He has started going out with his sister some nights, she just moved into town this month. She’s single and wanting to go out and meet people, and asks her brother to come with her. I’m ok with him going out most of the time. His son (my stepson) only visits once or twice a year..he stays for a month and a half in the summer…and we have no other kids. So why not? I’m perfectly capable of entertaining myself. I personally am not too much of a nightlife person…I could care less, and he pretty much is (was?) the same way. 

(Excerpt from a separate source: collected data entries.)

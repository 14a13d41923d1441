//! What follows from the definition of lists of cuts.

ghost use Rattle.std.specs.Prelude.{◌≡◌, ℕ, List, Result};
ghost use Rattle.gts_flatten.specs.Elaborating.{Elaborated};
ghost use Rattle.job_inputs.specs.CutLists.{CutLine, CutList};
ghost use Rattle.job_inputs.specs.CutListsInside.{HaveOneMeaning};
ghost use Rattle.job_inputs.specs.Scripts.{BadLine};

/// A list has one reading: it gives its cut lines in one way, or one line of it is the first bad one. This rests on labels
/// that name one way each and need no other number.
pub fn one_list()
    ensures { (x : Elaborated) → HaveOneMeaning x → (text : List ℕ)
        (a b : Result (List CutLine) BadLine) → CutList text x a → CutList text x b → a ≡ b }
{}
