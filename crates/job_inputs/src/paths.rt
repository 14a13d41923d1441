//! The events that the paths of labels name.

ghost use Rattle.std.specs.Prelude.{IfOk, IfSome};
ghost use Rattle.ar_base.specs.Lists.{AreDifferent};
ghost use Rattle.gts_flatten.specs.Elaborating.{Elaborated};
ghost use Rattle.job_inputs.specs.Flat.{IsOfTree};
ghost use Rattle.job_inputs.specs.Reads.{AnswersNames, AnswersEvent, AnswersVisible, IsUnlessHidden};

use crate::cutting::first_piece;
use ar_base::{EventId, Memory, NameId, Names, UnitId};
use gts_core::{Gts, GtsParts};
use hierarchy::{First, Tree, event_at};
use std::alloc::Global;

/// The visible event that a path names, read from the main block.
pub(crate) fn visible_at(
    alloc: Global,
    tree: &Tree,
    gts: &Gts,
    path: &[u8],
) -> Result<Option<EventId>, Memory>
    requires { (x : Elaborated) × IsOfTree x tree.now gts.now }
    ensures { (x : Elaborated) → IsOfTree x tree.now gts.now
        → IfOk result (AnswersVisible x gts.now path.now) }
{
    match event_named(alloc, tree, gts, path)? {
        Some(event) => Ok(unless_hidden(gts.parts(), event)),
        None => Ok(None),
    }
}

// The event, if it is visible.
fn unless_hidden(parts: &GtsParts, event: EventId) -> Option<EventId>
    ensures { IsUnlessHidden parts.now event result }
{
    match parts.events.get(event.n as usize) {
        Some(found) => if found.hidden { None } else { Some(event) },
        None => None,
    }
}

/// The event that a path names, read from the main block: one that is hidden too, and through aliases too. None exactly
/// where it names no event. The error is want of memory.
pub fn event_named(
    alloc: Global,
    tree: &Tree,
    gts: &Gts,
    path: &[u8],
) -> Result<Option<EventId>, Memory>
    requires { (x : Elaborated) × IsOfTree x tree.now gts.now }
    ensures { (x : Elaborated) → IsOfTree x tree.now gts.now
        → IfOk result (AnswersEvent x path.now) }
{
    match names_of(alloc, &tree.classes.names, path)? {
        Some(names) => Ok(event_at(tree, UnitId::new(0), First::Here, &names)),
        None => Ok(None),
    }
}

/// The names between the dots of a path, where each is in the table of names. None exactly where one of them is not. The
/// error is want of memory.
pub fn names_of(alloc: Global, table: &Names, path: &[u8]) -> Result<Option<Vec<NameId>>, Memory>
    ensures names { IfOk result (AnswersNames table.now path.now) }
    ensures different { IfOk result (λ names. IfSome names (λ _. AreDifferent table.now)) }
{
    let mut names = Vec::new(alloc);
    let mut rest = Some(path);
    while let Some(bytes) = rest {
        let (piece, after) = first_piece(bytes, b'.');
        let Some(name) = table.find_bytes(piece) else {
            return Ok(None);
        };
        names.push(name)?;
        rest = after;
    }
    Ok(Some(names))
}
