//! The stages of a job, from its words to what stands ready to be told, and what tells of it: statuses, refusals with
//! their lines, and the texts of cuts.
//!
//! A stage answers what it makes, or a `Stop`: the first refusal, or want of memory. The job of the words, the texts of
//! its files, the flat system, what the words and the script ask of it, its trees of modes, its gate table and the
//! diagrams come in this order. A command's text is put together from there.
#![tactic(auto)]

mod analysing;
mod cutting;
mod elaborating;
mod jobs;
mod loading;
mod refusals;
mod requesting;
mod spots;
mod status;
mod stops;
mod tabling;
mod telling;

pub use analysing::forest_of;
pub use cutting::{draw, write_conflict, write_cuts, write_nodes};
pub use elaborating::{Flattened, elaborate};
pub use jobs::asked_of;
pub use loading::{Texts, job_texts};
pub use refusals::{FileKind, Refusal};
pub use requesting::{Request, chains_of, commands_of, dropped_of, request_of, shown_of};
pub use status::Status;
pub use stops::Stop;
pub use tabling::{GateTable, table_of};
pub use telling::{explained, printed, refuse, replayed, write_counts, written};
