//! How a job ends.

ghost use Rattle.std.specs.Prelude.{◌≡◌};
ghost use Rattle.job_stages.specs.Numbers.{number_of};

/// How a job ends. The program's exit status is its number.
#[derive(Clone, Copy)]
pub enum Status {
    /// All of the text was written.
    Done,
    /// The words are no job.
    Usage,
    /// The model's text has no reading by the grammar.
    Syntax,
    /// The model breaks a rule.
    Rule,
    /// The model is not static.
    Outside,
    /// The run, or a conflict of the model, meets a fault.
    Fault,
    /// The diagrams need more nodes than the limit.
    Nodes,
    /// A file was not read.
    Read,
    /// The output was not written.
    Write,
    /// Memory was refused.
    Memory,
    /// A count passes its limit.
    Size,
    /// The script, or a word that names a thing of the model, is wrong.
    Script,
}

impl Status {
    /// The exit status, from 0 to 11.
    pub fn number(self) -> u8
        ensures { result ≡ number_of self }
    {
        match self {
            Status::Done => 0,
            Status::Usage => 1,
            Status::Syntax => 2,
            Status::Rule => 3,
            Status::Outside => 4,
            Status::Fault => 5,
            Status::Nodes => 6,
            Status::Read => 7,
            Status::Write => 8,
            Status::Memory => 9,
            Status::Size => 10,
            Status::Script => 11,
        }
    }
}
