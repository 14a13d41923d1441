//! The ways that the labels of a script name.

ghost use Rattle.std.specs.Prelude.{◌≡◌, ◌+◌, ◌<◌, ℕ, List, length, IfOk, MatchOption};
ghost use Rattle.gts_core.specs.Sound.{IsSound};
ghost use Rattle.gts_flatten.specs.Elaborating.{Elaborated};
ghost use Rattle.job_inputs.specs.Flat.{IsOfTree};
ghost use Rattle.job_inputs.specs.Labels.{NamesVisible};
ghost use Rattle.job_inputs.specs.Reads.{AnswersLabel, IsWayCount, IsNumberedWay, IsNoWayOf};

use crate::faults::ScriptFault;
use crate::paths::visible_at;
use crate::way_numbers::{marked, way_of};
use ar_base::{EventId, WayId};
use gts_core::{Gts, GtsParts};
use hierarchy::Tree;
use std::alloc::Global;

/// The way that the label of a line names: the only way of the event that it names, or the way of
/// its number.
pub(crate) fn way_named(
    alloc: Global,
    tree: &Tree,
    gts: &Gts,
    label: &[u8],
    line: u32,
) -> Result<WayId, ScriptFault>
    requires { (x : Elaborated) × IsOfTree x tree.now gts.now }
    ensures { (x : Elaborated) → IsOfTree x tree.now gts.now
        → AnswersLabel x gts.now label.now line result }
{
    match visible_at(alloc, tree, gts, label)? {
        Some(event) => match ways_of(gts.parts(), event) {
            Counted::One(way) => Ok(way),
            Counted::Many => Err(ScriptFault::Which(line)),
            Counted::None => way_numbered(alloc, tree, gts, label, line),
        },
        None => way_numbered(alloc, tree, gts, label, line),
    }
}

// How many ways an event has.
enum Counted {
    // No way.
    None,
    // This way alone.
    One(WayId),
    // Two ways or more.
    Many,
}

// How many ways an event has.
fn ways_of(parts: &GtsParts, event: EventId) -> Counted
    ensures { IsWayCount parts.now event result }
{
    match parts.events.get(event.n as usize) {
        Some(found) => match found.ways.as_slice() {
            [] => Counted::None,
            [way] => Counted::One(*way),
            _ => Counted::Many,
        },
        None => Counted::None,
    }
}

// The way of the number behind the path, where the label is no path of an event with ways.
fn way_numbered(
    alloc: Global,
    tree: &Tree,
    gts: &Gts,
    label: &[u8],
    line: u32,
) -> Result<WayId, ScriptFault>
    requires { (x : Elaborated) × IsOfTree x tree.now gts.now }
    ensures { (x : Elaborated) → IsOfTree x tree.now gts.now
        → ((e ways : ℕ) → NamesVisible x label.now e ways → ways ≡ 0)
        → AnswersLabel x gts.now label.now line result }
{
    let Some((path, digits)) = marked(label) else {
        return Err(ScriptFault::Unknown(line));
    };
    let Some(event) = visible_at(alloc, tree, gts, path)? else {
        return Err(ScriptFault::Unknown(line));
    };
    match way_at(gts.parts(), event, digits) {
        Some(way) => Ok(way),
        None => Err(ScriptFault::Unknown(line)),
    }
}

// The way of this number, from 1, of an event.
fn way_at(parts: &GtsParts, event: EventId, digits: &[u8]) -> Option<WayId>
    ensures { MatchOption result (IsNoWayOf parts.now event digits.now)
        (λ way. IsNumberedWay parts.now event digits.now way) }
{
    match parts.events.get(event.n as usize) {
        Some(found) => way_of(&found.ways, digits),
        None => None,
    }
}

He’s only gone out a few times, and they stay out until 3 a.m. I get a little worried since it’s so late, but if I text him he always texts back so I feel way better. I don’t like the idea of him being out with all those single women, but I know he’s with his sister and he always comes home. He’s never given me a reason to be insecure. One of the very rare times I practically fought tooth-and-nail for him not to go out with his sister was a night his son was in town, and we were supposed to take a road trip the next morning early. I think he was getting back at me because there was a miscommunication, and apparently I was supposed to take Monday off work, so I ‘ruined’ the plans. I didn’t understand why he was going out when his son was looking forward to the trip, there was no way he was going to get up in the morning and drive a long distance after being out late. He just looked at me like I was crazy for not wanting him to go. Needless to say he went anyways, and the roadtrip never happened.

I live many states away from my family and bff, I’m by myself except for my H and his family. It’s been this way from pretty much the beginning of our relationship 4.5 years ago. I’m a private person and don’t let just anyone into my life, but I’ve finally met another girl whom I’ve begun to forge what seems to be a potentially great friendship. She’s close to my age, loves (and owns) horses…which I also love and have always wanted to have my own, she’s newly single however isn’t big into night-life either, professional and works a desk job like me, and on-and-on. My passion for horses has definitely re-kindled since meeting her. 

Unfortunately (and fortunately), in pursuit of her own dreams she purchased land an hour and a half away from me. The past 3 months I’ve been making the trip out there every other weekend or so to see her, ride horses, and just have girl-time. I actually always invite my H because he likes to ride horses too, but he will usually decline, or he has to work. 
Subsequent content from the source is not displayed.